California Voters Will Likely Decide Abortion Notification Ballot Issue

State   |   Steven Ertelt   |   Mar 28, 2005   |   9:00AM   |   WASHINGTON, DC

California Voters Will Likely Decide Abortion Notification Ballot Issue Email this article
Printer friendly page

by Steven Ertelt Editor
March 28
, 2005

Sacramento, CA ( — Voters in California will likely be considering a ballot proposal this fall to determine whether or not parents should be told when their teenager daughters are considering an abortion.

Backers of the notification requirement, which allows parents to know their minor daughter is considering an abortion 48 hours before it’s performed, say they have enough signatures to get it on the ballot.

Albin Rhomberg, a representative of the group working on the signatures, told the Marin Independent Journal, "We are pretty confident we will qualify, and most people seem to think this is a pretty good idea."

"Even Hillary Clinton, on the anniversary of Roe vs. Wade, said she supported the idea of parental notification," Rhomberg added.
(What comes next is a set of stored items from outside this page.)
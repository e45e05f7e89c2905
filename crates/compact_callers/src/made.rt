//! Values moved out with `take`, in small vectors, and made from bytes and boxes without a copy.
#![tactic(auto, using(compact_str::proofs::ForCallers::caller_facts))]

ghost use Rattle.std.specs.Prelude.{◌≡◌, [], ◌∷◌, IfOk, IfErr, OnOk, OnErr, IsOk, length};
ghost use Rattle.std.specs.Str.{IsUtf8};
ghost use Rattle.std.specs.String.{from_utf8_error_vec};
ghost use Rattle.std.specs.Box.{boxed_str_bytes};
ghost use Rattle.compact_str.specs.Text.{text_of, utf8};

use compact_str::CompactString;
use smallvec::SmallVec;
use std::alloc::{AllocError, AllocFailed, Global};
use std::boxed::BoxedStr;
use std::collections::HashMap;
use std::convert::AsSlice;
use std::mem;
use std::string::FromUtf8Error;

/// Takes the line, leaving an empty one.
pub fn take_line(line: &mut CompactString) -> Result<CompactString, AllocError>
    ensures taken { IfOk result (λ v. v ≡ line.old) }
    ensures left { OnOk result (line.new.text ≡ []) }
    ensures unchanged { OnErr result (line.new ≡ line.old) }
{
    mem::try_take(line)
}

/// Returns a list of two names; up to four need no allocation.
pub fn small_list_of(
    alloc: Global,
    first: CompactString,
    second: CompactString,
) -> Result<SmallVec<CompactString, 4>, AllocFailed<CompactString>>
    ensures items { IfOk result (λ row. row.items ≡ first ∷ second ∷ []) }
    ensures succeeds { IsOk result }
{
    let mut row = SmallVec::new(alloc);
    row.push(first)?;
    row.push(second)?;
    Ok(row)
}

/// Appends to the note of a number, which is empty at first.
pub fn append_note(
    notes: &mut HashMap<u32, CompactString>,
    id: u32,
    text: &str,
) -> Result<(), AllocError> {
    let Ok(entry) = notes.entry(id) else {
        return Err(AllocError);
    };
    Ok(entry.or_default().push_str(text)?)
}

/// Converts bytes to a value, reusing the buffer. Returns bytes that are not valid UTF-8.
pub fn text_in(bytes: Vec<u8>) -> Result<CompactString, FromUtf8Error>
    ensures text { IfOk result (λ v. v.text ≡ text_of bytes.items) }
    ensures valid { OnOk result (IsUtf8 bytes.items) }
    ensures succeeds { IsUtf8 bytes.items → IsOk result }
    ensures err { IfErr result (λ e. from_utf8_error_vec e ≡ bytes) }
{
    CompactString::try_from(bytes)
}

/// Converts a box, reusing the buffer.
pub fn unboxed(text: BoxedStr) -> CompactString
    ensures { result.text ≡ text_of (boxed_str_bytes text) }
{
    CompactString::from(text)
}

/// Counts the bytes of a slice.
fn count_in<T: AsSlice<u8>>(bytes: &T) -> usize
    ensures { result ≡ length (T.items bytes.now) }
{
    bytes.as_slice().len()
}

/// Calls `count_in` on a value.
pub fn lent_bytes(value: &CompactString) -> usize
    ensures { result ≡ length (utf8 value.now.text) }
{
    count_in(value)
}

/// Requires `Send` and `Sync`.
fn for_threads<T: Send + Sync>(value: T) -> T
    ensures { result ≡ value }
{
    value
}

/// Passes a value to `for_threads`.
pub fn shared(value: CompactString) -> CompactString
    ensures { result ≡ value }
{
    for_threads(value)
}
However, organizations like Planned Parenthood of California and the national Feminist Majority Foundation and making plans to oppose the initiative.

"It endangers young women’s lives period," Katherine Spiller, executive director of the Feminist Foundation, told the Marin newspaper.

Governor Arnold Schwarzenegger is busy taking on organized labor and probably won’t weigh in heavily on the abortion debate. Though he supports abortion, he has indicated his support for parental notification.

The fate of the proposal may hinge on whether a special election is conducted at all, as Schwarzenegger hopes.

The "Tell a Parent" initiative has received support from Monty Patterson, the father of California teenager Holly Patterson. She died in September 2003 after using an RU 486 abortion drug she obtained from a San Francisco-area Planned Parenthood.

The abortion business did not tell Monty Patterson about his daughter’s abortion. He only found out when he was summoned to the hospital after Holly began having serious complications.

The California state legislature passed a parental notification law in the mid 1980s.

The state Supreme Court ruled the law constitutional in 1996 but, with a change in personnel, the court reversed itself in 1998.

The ballot proposal is significant in that it is a constitutional amendment which would not be subject to the state Supreme Court. While federal courts would have jurisdiction over the amendment, the U.S. Supreme Court has ruled that parental notification is constitutional as long as teens can don’t have to tell their parents in abuse situations.

Supporters of the California initiative believe that such an amendment could mean 20,000 fewer abortions in the state each year.

The majority of U.S. states now have parental notification or parental consent laws on the books and such laws have reduced teen abortions by as much as 30 percent.

A Zogby poll published in June of 2002 indicated 71 percent of those Californians surveyed support parental notification.